Curled polarization nanodomains in (BaTiO₃/SrTiO₃) epitaxial superlattices on silicon

In nanoscale ferroelectrics, the polarization pattern depends on the chemical, mechanical and electrical boundary conditions and is the result of a delicate balance to minimize electrostatic energy costs associated with the depolarization effects. In recent years, new exotic polar textures featuring curled polarization patterns (vortices, skyrmions, merons, etc…) have been unraveled in ultrathin films, superlattices or nanostructures. The development of topological nanoelectronics on chips that would take advantage of such exotic textures requires their integration on silicon.

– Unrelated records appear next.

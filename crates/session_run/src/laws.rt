//! What the headline says of each legal history, and what the promises of one call say of the next.

ghost use Rattle.legal_history.specs.Builds.Values.{IsSound};
ghost use Rattle.legal_history.specs.Stories.Steps.{state_of};
ghost use Rattle.session_run.specs.Promises.HandedOn.{SoundnessIsHandedOn};
ghost use Rattle.session_run.specs.Promises.Headline.{AreFromNothing, AreOfTheirCommands};
ghost use Rattle.session_run.specs.Promises.Objects.{HeldObjectsAreLive, ScrubsListWhatIsDue};
ghost use Rattle.session_run.specs.Promises.Reused.{HaveTheirOutcomes, NewBaseWasSound, OfEachLegal, PassNothingOver, RecordWhatTheyRead, TakeWhatTheySee, WasSound};

use legal_history::laws::builds::{
    a_build_is_as_from_nothing, a_build_is_of_its_command,
    an_ended_build_has_its_outcomes_from_nothing,
};
use legal_history::laws::reuse::a_base_stays_sound;
use legal_history::laws::stories::{
    a_held_object_is_live_at_each_step, a_scrub_of_a_story_lists_what_is_due,
};
use legal_history::laws::taken::{
    a_published_record_is_what_was_read, a_taken_record_is_seen, nothing_is_passed_over,
};
use story_log::laws::a_found_base_is_sound;

/// Promises `SoundnessIsHandedOn`: a call that opens what a stop of an earlier call left begins on a sound base, where the
/// earlier one did.
pub fn a_sound_base_is_handed_on()
    ensures { SoundnessIsHandedOn }
{
    a_found_base_is_sound();
}

/// Promises `NewBaseWasSound`.
pub fn a_new_base_was_sound()
    ensures { NewBaseWasSound }
{}

/// Promises that the builds of each legal history are those of their commands, and where the base that was opened is sound, as
/// from nothing.
pub fn builds_are_as_from_nothing()
    ensures commanded { OfEachLegal AreOfTheirCommands }
    ensures built { OfEachLegal (λ story. WasSound story → AreFromNothing story) }
    ensures outcomes { OfEachLegal (λ story. WasSound story → HaveTheirOutcomes story) }
{
    a_build_is_as_from_nothing();
    a_build_is_of_its_command();
    an_ended_build_has_its_outcomes_from_nothing();
}

/// Promises that each legal history reuses what its units see, that it passes no object over and records what is read, and that
/// its base stays sound.
pub fn objects_are_reused_well()
    ensures reused { OfEachLegal TakeWhatTheySee }
    ensures sought { OfEachLegal PassNothingOver }
    ensures recorded { OfEachLegal RecordWhatTheyRead }
    ensures sound { OfEachLegal (λ story. WasSound story → IsSound (state_of story).base) }
{
    a_taken_record_is_seen();
    nothing_is_passed_over();
    a_published_record_is_what_was_read();
    a_base_stays_sound();
}

/// Promises that each scrub of a legal history lists what is due, and that the objects which its views hold are live.
pub fn objects_are_scrubbed_well()
    ensures scrubs { OfEachLegal ScrubsListWhatIsDue }
    ensures held { OfEachLegal HeldObjectsAreLive }
{
    a_scrub_of_a_story_lists_what_is_due();
    a_held_object_is_live_at_each_step();
}
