//! What each form of words does on a base that is opened.

ghost use Rattle.std.specs.Prelude.{◌≡◌, ◌≢◌, ℕ, [], IfOk, IfErr, OnOk, OnErr};
ghost use Rattle.std.specs.Io.KnownBytes.{Appends};
ghost use Rattle.cc_outside.specs.Feeds.{AppendsPrefix};
ghost use Rattle.base_core.specs.Story.Counted.{KeepsCount};
ghost use Rattle.large_session.specs.Summaries.{summary};
ghost use Rattle.session_run.specs.Calls.Causes.{SinkRests};
ghost use Rattle.session_run.specs.Running.Forms.{HasDone, IsGivenUp};
ghost use Rattle.session_run.specs.Running.Runs.{outside_of, IsJustOpened, IsRunnable, CountsWriteFaults, WritesCut};
ghost use Rattle.session_run.specs.Story.Begun.{first_step};
ghost use Rattle.session_run.specs.declared.words.Form.TheVariants as forms;

use crate::checks::write_check;
use crate::phases::run_phases;
use crate::threads::Host;
use crate::words::Form;
use base_core::Core;
use cc_names::memory::Or;
use cc_outside::{Clock, Hook, MemorySink, Sink, WriteFault, write_whole};
use disk_model::Disk;
use large_session::summary;
use session_text::PhaseText;
use std::alloc::Global;
use std::sync::Wait;
use std::thread::Threads;

/// Writes the summary of transcripts.
fn write_summary<K: Sink>(
    alloc: Global,
    transcripts: &[u8],
    sink: &mut K,
) -> Result<(), Or<WriteFault>>
    ensures ok { OnOk result
        (Appends (K.ghost_state sink.old).held (K.ghost_state sink.new).held
        (summary transcripts.now)) }
    ensures err { IfErr result
        (λ cut.
        WritesCut cut (K.ghost_state sink.old).held (K.ghost_state sink.new).held
        (summary transcripts.now)) }
    ensures fault { CountsWriteFaults result (K.ghost_state sink.old).faults
        (K.ghost_state sink.new).faults }
    ensures rests { SinkRests (K.ghost_state sink.old) (K.ghost_state sink.new) }
{
    let text = summary(alloc, transcripts)?;
    match write_whole(sink, text.as_bytes()) {
        Ok(()) => Ok(()),
        Err(fault) => Err(Or::Is(fault)),
    }
}

/// Runs the phases of a session as `run_phases` does, whose transcripts it keeps, and writes their summary when all have been
/// run. The core comes back in every case.
fn run_summed<R: Threads + Wait + Sync, G: Hook + Sync, K: Sink, D: Disk + Send, C: Clock>(
    host: &Host<'_, R, G>,
    core: Core<D>,
    phases: Vec<PhaseText>,
    sink: &mut K,
    clock: &mut C,
) -> (Core<D>, Result<bool, Or<WriteFault>>)
    requires opened { IsJustOpened core.story }
    requires runnable { IsRunnable phases.items }
    ensures ok { (seed size : ℕ)
        → IfOk result.1
        (HasDone (forms.Big seed size) phases.items result.0.story
        (outside_of (K.ghost_state sink.old) (K.ghost_state sink.new) (C.ghost_state clock.old)
        (C.ghost_state clock.new))) }
    ensures err { (seed size : ℕ)
        → IfErr result.1
        (λ cut.
        IsGivenUp (forms.Big seed size) cut phases.items result.0.story
        (outside_of (K.ghost_state sink.old) (K.ghost_state sink.new) (C.ghost_state clock.old)
        (C.ghost_state clock.new))) }
    ensures first { first_step result.0.story ≡ first_step core.story }
    ensures counted { KeepsCount core result.0 }
    ensures fault { CountsWriteFaults result.1 (K.ghost_state sink.old).faults
        (K.ghost_state sink.new).faults }
    ensures rests { SinkRests (K.ghost_state sink.old) (K.ghost_state sink.new) }
{
    let Ok(mut transcripts) = MemorySink::new(host.alloc, &[]) else {
        return (core, Err(Or::NoMemory));
    };
    let (core, run) = run_phases(host, core, phases, &mut transcripts, clock);
    // A sink in memory fails for want of memory alone.
    let Ok(failed) = run else {
        return (core, Err(Or::NoMemory));
    };
    match write_summary(host.alloc, transcripts.bytes(), sink) {
        Ok(()) => (core, Ok(failed)),
        Err(cut) => (core, Err(cut)),
    }
}

/// Carries out what a form asks for on a base that was just opened, with the phases of its session, and writes its text. Answers
/// whether it tells of a failure. The core comes back in every case.
pub(crate) fn carry_out<
    R: Threads + Wait + Sync,
    G: Hook + Sync,
    K: Sink,
    D: Disk + Send,
    C: Clock,
>(
    host: &Host<'_, R, G>,
    form: Form,
    core: Core<D>,
    phases: Vec<PhaseText>,
    sink: &mut K,
    clock: &mut C,
) -> (Core<D>, Result<bool, Or<WriteFault>>)
    requires opened { IsJustOpened core.story }
    requires runnable { IsRunnable phases.items }
    requires none { form ≡ forms.Verify → phases.items ≡ [] }
    requires base { form ≢ forms.Sites }
    ensures ok { IfOk result.1
        (HasDone form phases.items result.0.story
        (outside_of (K.ghost_state sink.old) (K.ghost_state sink.new) (C.ghost_state clock.old)
        (C.ghost_state clock.new))) }
    ensures err { IfErr result.1
        (λ cut.
        IsGivenUp form cut phases.items result.0.story
        (outside_of (K.ghost_state sink.old) (K.ghost_state sink.new) (C.ghost_state clock.old)
        (C.ghost_state clock.new))) }
    ensures first { first_step result.0.story ≡ first_step core.story }
    ensures counted { KeepsCount core result.0 }
    ensures fault { CountsWriteFaults result.1 (K.ghost_state sink.old).faults
        (K.ghost_state sink.new).faults }
    ensures rests { SinkRests (K.ghost_state sink.old) (K.ghost_state sink.new) }
{
    match form {
        Form::Run => run_phases(host, core, phases, sink, clock),
        Form::Big { .. } => run_summed(host, core, phases, sink, clock),
        Form::Verify => {
            let found = write_check(host.alloc, &core, sink);
            (core, found)
        }
        Form::Sites => unreachable!(),
    }
}
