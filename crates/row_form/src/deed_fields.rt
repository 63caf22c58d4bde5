//! How the fields of a deed are written. Each function has the deeds of one subject and passes all others to the next.
#![tactic(auto, using(std::proofs::lemmas::List::append_assoc))]

ghost use Rattle.std.specs.Prelude.{◌≡◌, ◌++◌, OnOk};
ghost use Rattle.cc_names.specs.Formed.{IsDeedFormed};
ghost use Rattle.row_form.specs.Spelled.{fields_of, directory_fields, checkout_fields, type_fields, object_fields};

use crate::writing::{
    put_body, put_flag, put_kind, put_list, put_long, put_name, put_object, put_out, put_pair,
    put_path, put_three, put_two, put_type_kind,
};
use cc_names::memory::NoMemory;
use cc_names::rows::Deed;

/// The fields of a deed, in order.
pub(crate) fn put_fields(out: &mut Vec<u8>, deed: &Deed) -> Result<(), NoMemory>
    requires { IsDeedFormed deed.now }
    ensures { OnOk result (out.new.items ≡ out.old.items ++ fields_of deed.now) }
{
    match deed {
        Deed::Mkview { view } => put_name(out, view),
        Deed::Rmview { view } => put_name(out, view),
        Deed::Setcs { view, text } => {
            put_name(out, view)?;
            put_body(out, text)
        }
        Deed::Put { view, path, text } => {
            put_name(out, view)?;
            put_path(out, path)?;
            put_body(out, text)
        }
        Deed::Rm { view, path } => {
            put_name(out, view)?;
            put_path(out, path)
        }
        _ => put_directory_fields(out, deed),
    }
}

fn put_directory_fields(out: &mut Vec<u8>, deed: &Deed) -> Result<(), NoMemory>
    requires { IsDeedFormed deed.now }
    ensures { OnOk result (out.new.items ≡ out.old.items ++ directory_fields deed.now) }
{
    match deed {
        Deed::Mkelem {
            view,
            directory,
            name,
            kind,
            out: is_out,
        } => {
            put_two(out, view, *directory)?;
            put_name(out, name)?;
            put_kind(out, *kind)?;
            put_flag(out, *is_out)
        }
        Deed::Rmname {
            view,
            directory,
            name,
        } => {
            put_two(out, view, *directory)?;
            put_name(out, name)
        }
        Deed::Mv {
            view,
            directory,
            from_name,
            to_name,
        } => {
            put_two(out, view, *directory)?;
            put_name(out, from_name)?;
            put_name(out, to_name)
        }
        _ => put_checkout_fields(out, deed),
    }
}

fn put_checkout_fields(out: &mut Vec<u8>, deed: &Deed) -> Result<(), NoMemory>
    requires { IsDeedFormed deed.now }
    ensures { OnOk result (out.new.items ≡ out.old.items ++ checkout_fields deed.now) }
{
    match deed {
        Deed::Checkout {
            view,
            element,
            origin,
            reserved,
        } => {
            put_three(out, view, *element, *origin)?;
            put_flag(out, *reserved)
        }
        Deed::Branch {
            view,
            element,
            origin,
            name,
            out: how,
        } => {
            put_three(out, view, *element, *origin)?;
            put_name(out, name)?;
            put_out(out, *how)
        }
        Deed::Save {
            view,
            element,
            text,
        } => {
            put_two(out, view, *element)?;
            put_body(out, text)
        }
        Deed::Checkin { view, element } => put_two(out, view, *element),
        Deed::Uncheckout { view, element } => put_two(out, view, *element),
        _ => put_type_fields(out, deed),
    }
}

fn put_type_fields(out: &mut Vec<u8>, deed: &Deed) -> Result<(), NoMemory>
    requires { IsDeedFormed deed.now }
    ensures { OnOk result (out.new.items ≡ out.old.items ++ type_fields deed.now) }
{
    match deed {
        Deed::Mktype { kind, name } => {
            put_type_kind(out, *kind)?;
            put_name(out, name)
        }
        Deed::Label {
            label,
            element,
            version,
        } => put_three(out, label, *element, *version),
        Deed::Unlabel { label, element } => put_two(out, label, *element),
        Deed::Labels { label, placed } => {
            put_name(out, label)?;
            put_list(out, placed.as_slice())
        }
        Deed::Arrow {
            element,
            tail,
            head,
        } => {
            put_pair(out, *element, *tail)?;
            put_long(out, *head)
        }
        _ => put_object_fields(out, deed),
    }
}

fn put_object_fields(out: &mut Vec<u8>, deed: &Deed) -> Result<(), NoMemory>
    requires { IsDeedFormed deed.now }
    ensures { OnOk result (out.new.items ≡ out.old.items ++ object_fields deed.now) }
{
    match deed {
        Deed::Publish {
            view,
            targets,
            script,
            entries,
            outputs,
        } => {
            put_object(out, view, targets.as_slice(), script, entries.as_slice())?;
            put_list(out, outputs.as_slice())
        }
        Deed::PublishAt {
            view,
            targets,
            script,
            entries,
            outputs,
        } => {
            put_object(out, view, targets.as_slice(), script, entries.as_slice())?;
            put_list(out, outputs.as_slice())
        }
        Deed::Wink { view, object } => put_two(out, view, *object),
        Deed::Drop { view, path } => {
            put_name(out, view)?;
            put_path(out, path)
        }
        Deed::Scrub { objects } => put_list(out, objects.as_slice()),
        _ => Ok(()),
    }
}
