//! The spelling of a row, as a frame of the journal holds it.
//!
//! What it is for: `spell` writes a row of any deed, `read` gives it back.
//!
//! What it promises: each row has one spelling, and `read` gives a row exactly where the bytes are the spelling of a well-formed
//! row. Where they are not, the fault names the offset of the first field that cannot be read, or of the first excess byte
//! (`fault_of`, `specs/RowReader.antt`). `spell_at` spells a publish with its large outputs in extents of the file of objects,
//! and `plain_row` gives the row of the base for such a row. Reading takes time linear in the bytes, and a list takes memory as
//! its members are read, never by a count that the bytes left cannot hold.
//!
//! What it stands on: cc_names, which has the row itself; it is re-exported here.
#![tactic(auto)]

mod cursor;
mod deed_fields;
mod deeds;
mod extents;
mod fields;
mod lists;
mod reading;
mod writing;

pub use cc_names::rows::{Deed, Extent, Kind, Out, Placed, ReadOf, Row, Stored, Tag, TypeKind};
pub use cursor::NotARow;
pub use extents::{is_large, plain_row, spell_at};
pub use reading::{read, rows_have_one_spelling};
pub use writing::spell;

Here, we investigated the crystalline structure, defects, and polarization pattern in (BaTiO₃/SrTiO₃)_n superlattices epitaxially grown on silicon substrates. The superlattices were synthesized by molecular beam epitaxy on 4 nm SrTiO₃-buffered Si (001) substrate and were characterized by X-ray diffraction, scanning transmission electron microscopy (STEM), and atom probe tomography (APT). We will focus the discussion on the properties of a (5 nm BaTiO₃ / 2 nm SrTiO₃)₁₀ heterostructure. Out-of-plane X-ray diffraction and reciprocal space maps show that the BaTiO₃ and SrTiO₃ layers are coherently grown and evidence the superlattice periodicity. From STEM high angle annular dark field images, the atomic displacements of Ti atoms relative to the center of the unit cell (as defined by the Ba atoms) were determined. From the resulting dipole maps, nanodomains of curled polarization were observed in the BaTiO₃ layers. The maps obtained at different locations of the superlattices will be discussed and compared to those determined for an epitaxial trilayer 2 nm SrTiO₃ /5 nm BaTiO₃ /2 nm SrTiO₃ grown in the same processing conditions on Si(001). The changes in tetragonality throughout the thickness of the superlattices will be discussed. Finally, chemical information gained from the APT analyses performed on needle-shaped specimens will be presented. The evidence of curled polarization nanodomains in (BaTiO₃/SrTiO₃)_n gives promises for a future integration into devices of topological polar nanodomains.